= Charles Howard (Marist Brother) =

Australian Marist Brother

Charles Howard FMS AM (29 October 1924 – 14 January 2012) was an Australian Marist Brother who held the office of worldwide superior general of the order from 1985 to 1993. His religious name during much of his Marist career was "Brother Elias". He was the first Australian to be elected to lead the Marist Brothers' worldwide organisation.

==Life and career==
===Early life and teaching career===
Howard was born in Melbourne on 29 October 1924. His family relocated to Sydney during his youth and he attended the Marist Brothers school in Randwick, Sydney.
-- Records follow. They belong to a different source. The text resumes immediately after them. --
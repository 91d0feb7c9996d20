//! Defines rows: the arguments that a call takes.
ghost use Rattle.std.specs.Prelude.{◌≡◌, flat_map, map};
ghost use Rattle.arguments.specs.Row.{leaving_out, row, with_others};
ghost use Rattle.arguments.specs.RowView.{keyword_data, row_data};

/// Says what an argument must be.
#[derive(Clone, Copy)]
pub enum ArgumentKind {
    Any,
    Boolean,
    Integer,
    Text,
    IntegerOrText,
    /// A text, an integer or a boolean, which configuration data can contain.
    Setting,
    /// A feature or a boolean: the keyword `required`.
    Requirement,
    /// A text, or a list of texts of any depth.
    Texts,
    Dictionary,
    /// A dictionary, a text, or a list of texts of any depth.
    TextsOrDictionary,
    ConfigurationData,
    /// Configuration data or a dictionary.
    Configuration,
    /// A file.
    File,
    /// Something that a test can run: a program, a target, an output of one or a file.
    Command,
    /// One of these, or a list of them of any depth.
    Flat(Piece),
}

/// Says what may be in a list of any depth.
#[derive(Clone, Copy)]
pub enum Piece {
    /// A text or a file.
    Path,
    /// A text, a file, a custom target or an output of one.
    Source,
    /// A text or an object of `include_directories`.
    Folder,
    /// An executable or a library.
    BuildTarget,
    /// An object of `dependency` or `declare_dependency`.
    Dependency,
    /// A target, or an output of a custom target.
    Target,
    /// A text, a file, a target or an output of a custom target.
    Word,
    /// A text, a file, a target, an output of a custom target or a program.
    CommandWord,
}

/// Describes a keyword that a call takes: its name, and what its value must be.
#[derive(Clone, Copy)]
pub enum Keyword {
    /// A keyword that is optional.
    Optional(&'static str, ArgumentKind),
    /// A keyword that is required.
    Needed(&'static str, ArgumentKind),
}

impl Keyword {
    /// Returns the name.
    pub fn name(self) -> &'static str
        ensures { result.now ≡ (keyword_data self).name }
    {
        match self {
            Keyword::Optional(name, _) | Keyword::Needed(name, _) => name,
        }
    }

    /// Returns what the value must be.
    pub fn kind(self) -> ArgumentKind
        ensures { result ≡ (keyword_data self).kind }
    {
        match self {
            Keyword::Optional(_, kind) | Keyword::Needed(_, kind) => kind,
        }
    }

    /// Returns whether the keyword is required.
    pub fn is_needed(self) -> bool
        ensures { result ≡ (keyword_data self).is_needed }
    {
        matches!(self, Keyword::Needed(_, _))
    }
}

/// Describes the arguments that a call takes, as in an entry of the page "Reference manual".
#[derive(Clone, Copy)]
pub struct Row {
    /// The kinds of the positional arguments.
    pub positional: &'static [ArgumentKind],
    /// How many of them are needed.
    pub needed: usize,
    /// The kind of further positional arguments, if there may be any.
    pub others: Option<ArgumentKind>,
    /// The keywords, in several lists.
    pub keywords: &'static [&'static [Keyword]],
    /// The keywords that are not supported, in addition to those that no call supports.
    pub left_out: &'static [&'static str],
}

impl Row {
    /// Returns a row with these positional arguments, of which the first `needed` are needed, and the keywords of these lists.
    pub fn of(
        positional: &'static [ArgumentKind],
        needed: usize,
        keywords: &'static [&'static [Keyword]],
    ) -> Row
        ensures { row_data result ≡ row positional.now needed (flat_map (λ ks. map keyword_data ks.now) keywords.now) }
    {
        Row {
            positional,
            needed,
            others: None,
            keywords,
            left_out: &[],
        }
    }

    /// Returns a row that also takes any number of further arguments after the positional ones.
    pub fn with_others(self, kind: ArgumentKind) -> Row
        ensures { row_data result ≡ with_others kind (row_data self) }
    {
        Row {
            others: Some(kind),
            ..self
        }
    }

    /// Returns a row in which these keywords are not supported, in addition to those that no call supports.
    pub fn leaving_out(self, names: &'static [&'static str]) -> Row
        ensures { row_data result ≡ leaving_out (map (λ n. n.now) names.now) (row_data self) }
    {
        Row {
            left_out: names,
            ..self
        }
    }
}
In 1942 he pronounced his first vows and received the religious habit.

He was on staff at St Joseph's College, Hunters Hill, from 1955 to 1956 and at the Marist juniorate in Mittagong. He was headmaster at St Joseph's College from 1962 to 1967 and was also headmaster at St Gregory's College, Campbelltown.
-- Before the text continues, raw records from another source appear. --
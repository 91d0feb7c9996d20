//! Implements `get_option`.
ghost use Rattle.std.specs.Prelude.{option_map};
ghost use Rattle.world.specs.Prelude.{Does, arguments_data, data_of};
ghost use Rattle.project_calls.specs.GetOption.{get_option};

use crate::option_as_value::as_data;
use arguments::{Arguments, Rule};
use ports::{Outputs, Tree};
use support::faults::Refusal;
use values::Value;
use world::{Caller, Stop};

/// Runs `get_option(name)`. Refuses an unknown name with E15, and a value that is too large for the language with E22.
pub fn get_option<T: Tree, O: Outputs>(
    caller: &Caller<'_, T, O>,
    arguments: &Arguments,
) -> Result<Option<Value>, Stop>
    ensures { Does T.seen O.seen (option_map data_of) (get_option (arguments_data arguments.now)) caller.now result caller.now }
{
    let name = arguments.text_at(0);
    match caller.store.option(name) {
        Some(option) => {
            let value = caller.settle(as_data(caller.alloc, option))?;
            Ok(Some(value))
        }
        None => caller.refuse_for(Refusal::OptionValue, Rule::IsOption, name),
    }
}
===Religious formation and leadership===
Howard had studied for a period with the order in France in 1961 and in Rome in 1968 participating at the general chapter as a delegate. In 1968 he pursued studies in catechetics at Leuven, Belgium. Subsequently, he went to Dublin, Ireland, for further studies in psychology.
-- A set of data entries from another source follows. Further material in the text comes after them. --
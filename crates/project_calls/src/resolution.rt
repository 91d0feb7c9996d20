//! Determines the values of a project's options.
ghost use Rattle.std.specs.Prelude.{◌≡◌, IfOk, map};
ghost use Rattle.build.specs.edge.Texts.{texts};
ghost use Rattle.machine_file.specs.Questions.{answer_to, question_about};
ghost use Rattle.machine_file.specs.QuestionsView.{topic_in};
ghost use Rattle.options.specs.option_file.View.{options_in as declared_in};
ghost use Rattle.option_values.specs.View.{strings_in};
ghost use Rattle.options.specs.View.{resolved_in};
ghost use Rattle.world.specs.Prelude.{Does, arguments_data, world_of};
ghost use Rattle.world.specs.Deed.{consult};
ghost use Rattle.project_calls.specs.Resolution.{built_in_names, declared_names, options_topic, resolution, resolution_by};

use crate::defaults::{defaults, keys_given};
use arguments::Arguments;
use machine_file::{Question, Topic};
use option_values::{BuiltIn, built_ins};
use options::{Declared, Resolved, resolve};
use ports::{Outputs, Tree};
use std::alloc::{AllocError, Global};
use world::{Caller, Stop, Store};

fn row_names(alloc: Global, rows: &[BuiltIn]) -> Result<Vec<String>, AllocError>
    ensures { IfOk result (λ v. texts v.items ≡ map (λ row. row.name.now) rows.now) }
{
    let mut names = Vec::new(alloc);
    for row in rows {
        names.push(String::from_str(alloc, row.name)?)?;
    }
    Ok(names)
}

// Returns the names of the built-in options, in order.
fn built_in_names(alloc: Global) -> Result<Vec<String>, AllocError>
    ensures { IfOk result (λ v. texts v.items ≡ built_in_names) }
{
    row_names(alloc, built_ins())
}

// Returns the names of the declared options, in the order of their calls.
fn declared_names(alloc: Global, declared: &Declared) -> Result<Vec<String>, AllocError>
    ensures { IfOk result (λ v. texts v.items ≡ declared_names (declared_in declared.now)) }
{
    let mut names = Vec::new(alloc);
    for i in 0..declared.len() {
        let Some((name, _)) = declared.at(i) else {
            return Ok(names);
        };
        names.push(String::from_str(alloc, name)?)?;
    }
    Ok(names)
}

fn options_topic(alloc: Global, declared: &Declared) -> Result<Topic, AllocError>
    ensures { IfOk result (λ t. topic_in t ≡ options_topic (declared_in declared.now)) }
{
    let built_in = built_in_names(alloc)?;
    Ok(Topic::Options(built_in, declared_names(alloc, declared)?))
}

// Asks the machine file for the values of the options, of which these are declared.
fn ask_options<T: Tree, O: Outputs>(
    caller: &mut Caller<'_, T, O>,
    declared: &Declared,
) -> Result<(), Stop>
    ensures deed { Does T.seen O.seen (λ u. answer_to caller.old.store.now.machine (options_topic (declared_in declared.now)))
        (consult (question_about (options_topic (declared_in declared.now)))) caller.old result caller.new }
    ensures machine { caller.new.store.now.machine ≡ caller.old.store.now.machine }
{
    let topic = options_topic(caller.alloc, declared)?;
    caller.ask(Question::about(caller.alloc, topic))
}

// Returns the values of the options, given the machine file, which was already asked.
fn resolve_by(
    alloc: Global,
    arguments: &Arguments,
    printed: &[String],
    declared: &Declared,
    store: &Store,
) -> Result<Resolved, AllocError>
    ensures { IfOk result (λ r. resolved_in r
        ≡ resolution_by (arguments_data arguments.now) (strings_in printed.now) (declared_in declared.now)
        (answer_to store.now.machine (options_topic (declared_in declared.now))) (world_of store.now).facts) }
{
    let texts = arguments.texts(alloc, "default_options")?;
    let defaults = defaults(alloc, &texts, keys_given(arguments), printed)?;
    let settings = store.settings();
    resolve(
        alloc,
        declared,
        &defaults,
        store.machine(),
        settings.words(),
    )
}

/// Returns the values of the built-in options and these declared ones: from the defaults of the call, the machine file, which is queried,
/// and the arguments of the command line.
pub fn resolution<T: Tree, O: Outputs>(
    caller: &mut Caller<'_, T, O>,
    arguments: &Arguments,
    printed: &[String],
    declared: &Declared,
) -> Result<Resolved, Stop>
    ensures { Does T.seen O.seen resolved_in
        (resolution (arguments_data arguments.now) (strings_in printed.now) (declared_in declared.now)) caller.old result caller.new }
{
    ask_options(caller, declared)?;
    let resolved = resolve_by(caller.alloc, arguments, printed, declared, caller.store)?;
    Ok(resolved)
}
In 1972, Howard was appointed provincial of the Sydney province and served in that role and as provincial superior of the Marists in eastern Australia until 1976, when he was elected to the general council of the Marist Brothers in Rome. In 1985, he was the first Australian to be elected superior general of the Marist Brothers, and served as superior general until 1993. Major undertakings during his mandate included the creation of the International Finance Commission, the new Marist presence in Eastern Europe and the establishment of international scholasticates for Africa and for Asia. After his generalate was over, he spent years in novitiates at Kutama (Africa) and Lomeri (Pacific). For a period he was the delegate visitor for the Sector of India.

In 1997, he was declared a Member of the Order of Australia (AM) in recognition of his service to the Catholic Church and the community, particularly in the fields of education, social justice and reform. In 2000 he was awarded an honorary doctorate by the Australian Catholic University.